Similarity Guided Multimodal Fusion Transformer for Semantic Location Prediction in Social Media

The purpose of semantic location prediction is to extract relevant semantic location information from multimodal social media posts, offering a more contextual understanding of daily activities compared to GPS coordinates. However, this task becomes challenging due to the presence of noise and irrelevant information in "text-image" pairs. Existing methods suffer from insufficient feature representations and fail to consider the comprehensive integration of similarity at different granularities, making it difficult to filter out noise and irrelevant information. To address these challenges, we propose a Similarity-Guided Multimodal Fusion Transformer (SG-MFT) for predicting social users' semantic locations. First, we utilize a pre-trained large-scale vision-language model to extract high-quality feature representations from social media posts. Then, we introduce a Similarity-Guided Interaction Module (SIM) to alleviate modality heterogeneity and noise interference by incorporating coarse-grained and fine-grained similarity guidance for modality interactions. Specifically, we propose a novel similarity-aware feature interpolation attention mechanism at the coarse level, leveraging modality-wise similarity to mitigate heterogeneity and reduce noise within each modality. Meanwhile, we employ a similarity-aware feed-forward block at the fine level, utilizing element-wise similarity to further mitigate the impact of modality heterogeneity. Building upon pre-processed features with minimal noise and modal interference, we propose a Similarity-aware Feature Fusion Module (SFM) to fuse two modalities with cross-attention mechanism. Comprehensive experimental results demonstrate the superior performance of our proposed method in handling modality imbalance while maintaining efficient fusion effectiveness.

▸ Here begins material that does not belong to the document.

// The exports for hosts in C and Rust: numbers and slices, and the station as 134 bytes that the host lends. None has a condition; bytes that are no state are
// refused by 13, and a refusal leaves every byte and word as it was. include/hedgemallow.h declares them.
#![tactic(auto)]

mod calls; // open, write, apply, reset, set_enabled, ask, commit, cycle_lut, set_depth, depth, enabled, preset, areas
mod state; // the station in bytes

翻译：语义位置预测的目标是从多模态社交媒体帖子中提取相关语义位置信息，相比GPS坐标能为日常活动提供更丰富的上下文理解。然而，由于"文本-图像"对中存在噪声和无关信息，该任务面临挑战。现有方法存在特征表示不充分、未能考虑不同粒度相似性的综合整合等问题，难以有效过滤噪声和无关信息。为解决这些挑战，我们提出一种相似性引导的多模态融合Transformer（SG-MFT）用于预测社交用户的语义位置。首先，利用预训练的大规模视觉-语言模型从社交媒体帖子中提取高质量特征表示。随后，引入相似性引导交互模块（SIM），通过融合粗粒度与细粒度的相似性引导来缓解模态异质性和噪声干扰。具体而言，在粗粒度层面提出新颖的相似性感知特征插值注意力机制，利用模态间相似性减轻异质性并降低各模态内部噪声；在细粒度层面采用相似性感知前馈模块，通过元素级相似性进一步削弱模态异质性的影响。基于经过预处理、噪声和模态干扰最小化的特征，我们提出相似性感知特征融合模块（SFM），通过交叉注意力机制融合两种模态。综合实验结果表明，所提方法在处理模态不平衡的同时保持高效融合效果方面展现出优越性能。